Mike winter is looking for Kevin Jackson 2nd Cook on British Wye 1988, from Newcastle, wife Sue.


----------



## makko (Jul 20, 2006)

I believe you are referring to member KevJacko - Try sending him a message as he hasn't posted in a while. Tell him Makko sent you!
Rgds.
Dave


----------



## kevjacko (Jun 4, 2008)

Cheers boys,
Mike and me were great shipmates, I'll message mathieson privately with some contact details for Mike. It will be good to touch base with him again.


----------



## makko (Jul 20, 2006)

Good to see you made contact again, Kev. 
Rgds.
Dave


----------



## kevjacko (Jun 4, 2008)

makko said:


> Good to see you made contact again, Kev.
> Rgds.
> Dave


Hi Dave, I've not been on the site much lately, no particular reason, just life, work, family etc getting in the way. I've sent Mathieson my email address to forward on. Cheers


----------



## JR Minter (Mar 24, 2021)

kevjacko said:


> Cheers boys,
> Mike and me were great shipmates, I'll message mathieson privately with some contact details for Mike. It will be good to touch base with him again.


No


kevjacko said:


> Cheers boys,
> Mike and me were great shipmates, I'll message mathieson privately with some contact details for Mike. It will be good to touch base with him again.


Hi Kev,


I worked as crew between 1981-86 on the Resolution, Reliance, Avon, Vic Bilh and Sivand and would love to see the crew lists for this period - I wish I had taken names and address’s at the time, but this period was pre mobile and email !

Did you work on any of these ? Your name seems familiar.

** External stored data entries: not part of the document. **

ghost use Rattle.std.specs.Prelude.{◌≡◌, ◌++◌, ◌∷◌, [], Some, IfOk, IsTrue, OnOk, cond, length, map};
ghost use Rattle.std.specs.List.{list_all};
ghost use Rattle.std.specs.Arc.{arc_value};
ghost use Rattle.bp_faults.specs.Answers.{Answers};
ghost use Rattle.graph_nodes.specs.declared.variation.Variation.TheVariants.{Empty};
ghost use Rattle.graph_nodes.specs.declared.variations.Axis.TheVariants.{Image};
ghost use Rattle.graph_nodes.specs.Nodes.{targets};
ghost use Rattle.module_rules.specs.Rules.{splits};
ghost use Rattle.module_rules.specs.Shaped.{splits_shaped};
ghost use Rattle.mutator_rules.specs.Conditions.{MayRun, MayVisit, indices_in};
ghost use Rattle.mutator_rules.specs.Idle.{LeavesAll};
ghost use Rattle.target_mutators.specs.Idle.{is_in_system_alone};
ghost use Rattle.target_mutators.specs.Images.{image_variant, device_images, image_variants};

use crate::groups::with_groups;
use crate::images::{is_for_device, is_in_recovery, is_in_system, is_in_vendor};
use crate::leaving::are_in_system_alone;
use bp_faults::{NodeId, OutOfMemory, Payload, Seq};
use bp_props::{GroupId, Module};
use module_graph::{Graph, Node, Variation};
use module_rules::laws::leaves_all_by_each;
use module_rules::{Record, Seen, add_if_enabled};
use mutator_rules::{Axis, BottomUp, Config, Split};
use pass_core::VisitError;
use std::alloc::Global;
use std::marker::Model;
use std::sync::Arc;

/// Adds the module as it is.
fn add_own<'m>(
    alloc: Global,
    variants: &mut Seq<(Variation, Record<'m>)>,
    is_in: bool,
    own: &Record<'m>,
) -> Result<(), OutOfMemory>
    ensures { OnOk result (variants.new ≡ variants.old ++ cond is_in ((Empty, own.now) ∷ []) []) }
{
    if is_in {
        variants.push((Variation::Empty, own.copy(alloc)?))?;
    }
    Ok(())
}

/// Adds the variant of an image.
fn add_image<'m>(
    alloc: Global,
    variants: &mut Seq<(Variation, Record<'m>)>,
    is_in: bool,
    v: Variation,
    id: GroupId,
    own: &Record<'m>,
) -> Result<(), OutOfMemory>
    ensures { OnOk result (variants.new ≡ variants.old ++ image_variant is_in v id own.now) }
{
    if is_in {
        add_if_enabled(variants, v, with_groups(alloc, own, &[id])?)?;
    }
    Ok(())
}

fn device_images<'m>(
    alloc: Global,
    own: &Record<'m>,
) -> Result<Seq<(Variation, Record<'m>)>, OutOfMemory>
    ensures { IfOk result (λ variants. variants ≡ device_images own.now) }
{
    let mut variants = Seq::new(Vec::with_capacity(alloc, 1)?);
    let to = &mut variants;
    add_own(alloc, to, is_in_system(own), own)?;
    add_image(
        alloc,
        to,
        is_in_vendor(own),
        Variation::Vendor,
        GroupId::Vendor,
        own,
    )?;
    add_image(
        alloc,
        to,
        is_in_recovery(own),
        Variation::Recovery,
        GroupId::Recovery,
        own,
    )?;
    Ok(variants)
}

fn system_alone<'m>(
    alloc: Global,
    own: &Record<'m>,
) -> Result<Seq<(Variation, Record<'m>)>, OutOfMemory>
    ensures { IfOk result (λ variants. variants ≡ (Empty, own.now) ∷ []) }
{
    let mut variants = Seq::new(Vec::with_capacity(alloc, 1)?);
    variants.push((Variation::Empty, own.copy(alloc)?))?;
    Ok(variants)
}

fn image_variants<'m>(
    alloc: Global,
    item: &Module,
    node: &Node<Record<'m>>,
) -> Result<Seq<(Variation, Record<'m>)>, OutOfMemory>
    ensures { IfOk result (λ variants. variants ≡ image_variants item.now node.now) }
{
    let own = &node.payload;
    if is_for_device(node.vars.get(Axis::Target)) {
        device_images(alloc, own)
    } else {
        system_alone(alloc, own)
    }
}

/// The rule `image`: a module for a device is split by the images on which it is installed. Contracts see it as the
/// list of all modules.
#[derive(Drop)]
pub struct ImageSplit<'a> {
    mods: &'a [Module],
}

impl<'a> Model for ImageSplit<'a> {
    ghost use Rattle.std.specs.Prelude.{List};
    ghost use Rattle.bp_props.specs.declared.module.Module.{Module};

    ghost Value = { List Module };

    ghost view = { λ rule. rule.mods.now };
}

impl<'a> ImageSplit<'a> {
    /// It takes no memory.
    pub fn new(mods: &'a [Module], _c: &'a Config) -> ImageSplit<'a>
        ensures { result ≡ mods.now }
    {
        ImageSplit { mods }
    }

    /// Whether the rule leaves every node of a graph as it is: each for a device is in the system's own image alone.
    pub fn leaves_all(&self, g: &Graph<Record<'_>>) -> bool
        requires { MayRun (indices_in (length self.now)) g.now.nodes }
        ensures alone { IsTrue result → LeavesAll (splits image_variants self.now) g.now.nodes }
        ensures exact { result ≡ list_all is_in_system_alone g.now.nodes }
    {
        leaves_all_by_each();
        are_in_system_alone(g.nodes.as_slice())
    }
}

impl<'a, 'm> BottomUp<Record<'m>> for ImageSplit<'a> {
    ghost splits_along = { λ rule. Some Image };

    ghost meaning = { λ rule. splits image_variants rule };

    ghost accepts = { λ rule. indices_in (length rule) };

    fn axis(&self) -> Option<Axis>
        ensures { result ≡ Some Image }
    {
        Some(Axis::Image)
    }

    fn visit(
        &self,
        alloc: Global,
        g: &Graph<Record<'m>>,
        n: NodeId,
        _ins: &[Arc<Split<Record<'m>>>],
    ) -> Result<Split<Record<'m>>, VisitError>
        requires may { MayVisit (indices_in (length self.now)) g.now.nodes n.0 }
        requires each { length _ins.now ≡ length (targets g.now.nodes n.0) }
        ensures { Answers (λ out. out) result
            (splits image_variants self.now g.now.nodes n.0 (map arc_value _ins.now)) }
    {
        let at = Seen::at(self.mods, g, n);
        Ok(Split {
            variants: image_variants(alloc, at.module, at.node)?,
            requests: Seq::new(Vec::new(alloc)),
        })
    }

    ghost shaped = { λ rule. splits_shaped Image image_variants rule };
}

Best Wishes, Jeremy (JR) Minter


----------



## kevjacko (Jun 4, 2008)

JR Minter said:


> No
> 
> 
> Hi Kev,
> ...


Hi Jerry.
Sure I sailed with you on the Avon think that was 82. Joined in Gibraltar, I was Galley boy on her. We did MOD charter Falkland run. If not it was the Resolution in 83, we did a cape crawl on her.
I'll double check some dates and get back to you.
Cheers


----------